_Task prompt_. Exactly as written, transcribe each line of the listing.

_Given data_.
▼▼▼

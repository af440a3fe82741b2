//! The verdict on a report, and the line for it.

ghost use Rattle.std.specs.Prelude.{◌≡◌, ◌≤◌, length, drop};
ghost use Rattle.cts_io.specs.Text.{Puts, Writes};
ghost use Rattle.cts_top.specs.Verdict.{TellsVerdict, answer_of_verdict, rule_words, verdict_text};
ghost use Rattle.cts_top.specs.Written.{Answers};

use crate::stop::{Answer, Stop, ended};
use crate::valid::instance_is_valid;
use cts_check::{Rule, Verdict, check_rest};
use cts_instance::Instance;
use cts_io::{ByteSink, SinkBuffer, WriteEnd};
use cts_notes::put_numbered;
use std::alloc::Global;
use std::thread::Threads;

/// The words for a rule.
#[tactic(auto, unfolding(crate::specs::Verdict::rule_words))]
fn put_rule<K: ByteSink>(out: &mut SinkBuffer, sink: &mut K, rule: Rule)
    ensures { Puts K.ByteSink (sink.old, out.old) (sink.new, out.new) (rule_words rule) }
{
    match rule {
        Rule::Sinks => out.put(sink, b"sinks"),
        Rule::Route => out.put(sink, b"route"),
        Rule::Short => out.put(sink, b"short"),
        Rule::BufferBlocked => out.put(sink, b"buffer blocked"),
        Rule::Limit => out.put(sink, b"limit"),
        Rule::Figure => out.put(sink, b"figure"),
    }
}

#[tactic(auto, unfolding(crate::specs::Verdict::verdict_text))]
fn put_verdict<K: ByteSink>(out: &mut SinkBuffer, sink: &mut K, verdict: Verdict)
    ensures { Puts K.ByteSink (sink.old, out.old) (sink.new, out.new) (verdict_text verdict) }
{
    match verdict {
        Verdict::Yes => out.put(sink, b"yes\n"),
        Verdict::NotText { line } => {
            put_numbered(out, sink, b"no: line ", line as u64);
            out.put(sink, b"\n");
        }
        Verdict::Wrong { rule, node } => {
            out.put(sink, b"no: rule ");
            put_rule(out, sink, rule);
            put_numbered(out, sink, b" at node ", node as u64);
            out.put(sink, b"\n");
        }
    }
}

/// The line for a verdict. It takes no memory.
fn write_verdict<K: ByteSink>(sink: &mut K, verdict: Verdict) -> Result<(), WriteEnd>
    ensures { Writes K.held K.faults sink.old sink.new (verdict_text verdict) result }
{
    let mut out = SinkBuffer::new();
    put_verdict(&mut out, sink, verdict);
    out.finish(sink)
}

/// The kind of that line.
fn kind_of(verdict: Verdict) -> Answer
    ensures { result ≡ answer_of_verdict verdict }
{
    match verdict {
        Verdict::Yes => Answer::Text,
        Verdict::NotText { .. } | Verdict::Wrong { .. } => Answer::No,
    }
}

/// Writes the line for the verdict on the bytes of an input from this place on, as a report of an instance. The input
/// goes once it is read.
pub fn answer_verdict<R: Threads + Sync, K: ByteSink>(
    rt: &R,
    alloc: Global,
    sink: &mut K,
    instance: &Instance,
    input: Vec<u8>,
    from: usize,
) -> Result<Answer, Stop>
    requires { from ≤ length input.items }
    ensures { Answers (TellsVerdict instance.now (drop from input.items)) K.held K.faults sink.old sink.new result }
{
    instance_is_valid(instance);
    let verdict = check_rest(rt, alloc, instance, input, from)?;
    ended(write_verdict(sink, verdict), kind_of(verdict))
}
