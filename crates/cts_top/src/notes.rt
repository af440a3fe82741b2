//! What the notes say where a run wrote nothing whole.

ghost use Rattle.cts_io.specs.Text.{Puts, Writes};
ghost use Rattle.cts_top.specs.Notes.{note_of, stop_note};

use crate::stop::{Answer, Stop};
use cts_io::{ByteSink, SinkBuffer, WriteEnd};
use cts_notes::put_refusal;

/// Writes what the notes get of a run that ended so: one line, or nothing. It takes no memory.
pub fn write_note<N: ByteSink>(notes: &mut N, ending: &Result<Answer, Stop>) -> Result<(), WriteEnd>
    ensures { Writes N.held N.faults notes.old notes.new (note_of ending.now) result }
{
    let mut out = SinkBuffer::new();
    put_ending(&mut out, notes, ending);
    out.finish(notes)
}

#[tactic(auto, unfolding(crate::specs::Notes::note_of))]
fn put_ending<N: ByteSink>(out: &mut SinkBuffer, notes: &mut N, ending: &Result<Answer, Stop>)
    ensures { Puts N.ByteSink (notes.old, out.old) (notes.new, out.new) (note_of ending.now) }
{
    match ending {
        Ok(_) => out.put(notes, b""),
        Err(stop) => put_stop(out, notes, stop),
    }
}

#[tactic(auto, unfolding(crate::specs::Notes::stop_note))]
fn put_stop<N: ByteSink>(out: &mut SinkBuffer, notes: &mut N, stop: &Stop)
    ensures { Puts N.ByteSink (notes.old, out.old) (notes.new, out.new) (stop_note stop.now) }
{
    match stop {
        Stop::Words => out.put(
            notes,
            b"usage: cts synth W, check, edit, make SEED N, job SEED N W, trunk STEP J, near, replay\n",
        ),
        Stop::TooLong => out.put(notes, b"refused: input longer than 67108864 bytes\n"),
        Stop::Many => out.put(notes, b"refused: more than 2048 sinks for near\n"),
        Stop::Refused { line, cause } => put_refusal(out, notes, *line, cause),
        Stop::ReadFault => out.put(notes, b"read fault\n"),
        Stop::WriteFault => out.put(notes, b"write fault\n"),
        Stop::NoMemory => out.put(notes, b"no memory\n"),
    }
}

▲▲▲

_Your solution_.
repository af440a3fe82741b2
//! The verdict on a report, and the line for it.

ghost use Rattle.std.specs.Prelude.{◌≡◌, ◌≤◌, length, drop};
ghost use Rattle.cts_io.specs.Text.{Puts, Writes};
ghost use Rattle.cts_top.specs.Verdict.{TellsVerdict, answer_of_verdict, rule_words, verdict_text};
ghost use Rattle.cts_top.specs.Written.{Answers};

use crate::stop::{Answer, Stop, ended};
use crate::valid::instance_is_valid;
use cts_check::{Rule, Verdict, check_rest};
use cts_instance::Instance;
use cts_io::{ByteSink, SinkBuffer, WriteEnd};
use cts_notes::put_numbered;
use std::alloc::Global;
use std::thread::Threads;

/// The words for a rule.
#[tactic(auto, unfolding(crate::specs::Verdict::rule_words))]
fn put_rule<K: ByteSink>(out: &mut SinkBuffer, sink: &mut K, rule: Rule)
    ensures { Puts K.ByteSink (sink.old, out.old) (sink.new, out.new) (rule_words rule) }
{
    match rule {
        Rule::Sinks => out.put(sink, b"sinks"),
        Rule::Route => out.put(sink, b"route"),
        Rule::Short => out.put(sink, b"short"),
        Rule::BufferBlocked => out.put(sink, b"buffer blocked"),
        Rule::Limit => out.put(sink, b"limit"),
        Rule::Figure => out.put(sink, b"figure"),
    }
}

#[tactic(auto, unfolding(crate::specs::Verdict::verdict_text))]
fn put_verdict<K: ByteSink>(out: &mut SinkBuffer, sink: &mut K, verdict: Verdict)
    ensures { Puts K.ByteSink (sink.old, out.old) (sink.new, out.new) (verdict_text verdict) }
{
    match verdict {
        Verdict::Yes => out.put(sink, b"yes\n"),
        Verdict::NotText { line } => {
            put_numbered(out, sink, b"no: line ", line as u64);
            out.put(sink, b"\n");
        }
        Verdict::Wrong { rule, node } => {
            out.put(sink, b"no: rule ");
            put_rule(out, sink, rule);
            put_numbered(out, sink, b" at node ", node as u64);
            out.put(sink, b"\n");
        }
    }
}

/// The line for a verdict. It takes no memory.
fn write_verdict<K: ByteSink>(sink: &mut K, verdict: Verdict) -> Result<(), WriteEnd>
    ensures { Writes K.held K.faults sink.old sink.new (verdict_text verdict) result }
{
    let mut out = SinkBuffer::new();
    put_verdict(&mut out, sink, verdict);
    out.finish(sink)
}

/// The kind of that line.
fn kind_of(verdict: Verdict) -> Answer
    ensures { result ≡ answer_of_verdict verdict }
{
    match verdict {
        Verdict::Yes => Answer::Text,
        Verdict::NotText { .. } | Verdict::Wrong { .. } => Answer::No,
    }
}

/// Writes the line for the verdict on the bytes of an input from this place on, as a report of an instance. The input
/// goes once it is read.
pub fn answer_verdict<R: Threads + Sync, K: ByteSink>(
    rt: &R,
    alloc: Global,
    sink: &mut K,
    instance: &Instance,
    input: Vec<u8>,
    from: usize,
) -> Result<Answer, Stop>
    requires { from ≤ length input.items }
    ensures { Answers (TellsVerdict instance.now (drop from input.items)) K.held K.faults sink.old sink.new result }
{
    instance_is_valid(instance);
    let verdict = check_rest(rt, alloc, instance, input, from)?;
    ended(write_verdict(sink, verdict), kind_of(verdict))
}
filename crates/cts_top/src/notes.rt
repository af440a3fe82741b2
//! What the notes say where a run wrote nothing whole.

ghost use Rattle.cts_io.specs.Text.{Puts, Writes};
ghost use Rattle.cts_top.specs.Notes.{note_of, stop_note};

use crate::stop::{Answer, Stop};
use cts_io::{ByteSink, SinkBuffer, WriteEnd};
use cts_notes::put_refusal;

/// Writes what the notes get of a run that ended so: one line, or nothing. It takes no memory.
pub fn write_note<N: ByteSink>(notes: &mut N, ending: &Result<Answer, Stop>) -> Result<(), WriteEnd>
    ensures { Writes N.held N.faults notes.old notes.new (note_of ending.now) result }
{
    let mut out = SinkBuffer::new();
    put_ending(&mut out, notes, ending);
    out.finish(notes)
}

#[tactic(auto, unfolding(crate::specs::Notes::note_of))]
fn put_ending<N: ByteSink>(out: &mut SinkBuffer, notes: &mut N, ending: &Result<Answer, Stop>)
    ensures { Puts N.ByteSink (notes.old, out.old) (notes.new, out.new) (note_of ending.now) }
{
    match ending {
        Ok(_) => out.put(notes, b""),
        Err(stop) => put_stop(out, notes, stop),
    }
}

#[tactic(auto, unfolding(crate::specs::Notes::stop_note))]
fn put_stop<N: ByteSink>(out: &mut SinkBuffer, notes: &mut N, stop: &Stop)
    ensures { Puts N.ByteSink (notes.old, out.old) (notes.new, out.new) (stop_note stop.now) }
{
    match stop {
        Stop::Words => out.put(
            notes,
            b"usage: cts synth W, check, edit, make SEED N, job SEED N W, trunk STEP J, near, replay\n",
        ),
        Stop::TooLong => out.put(notes, b"refused: input longer than 67108864 bytes\n"),
        Stop::Many => out.put(notes, b"refused: more than 2048 sinks for near\n"),
        Stop::Refused { line, cause } => put_refusal(out, notes, *line, cause),
        Stop::ReadFault => out.put(notes, b"read fault\n"),
        Stop::WriteFault => out.put(notes, b"write fault\n"),
        Stop::NoMemory => out.put(notes, b"no memory\n"),
    }
}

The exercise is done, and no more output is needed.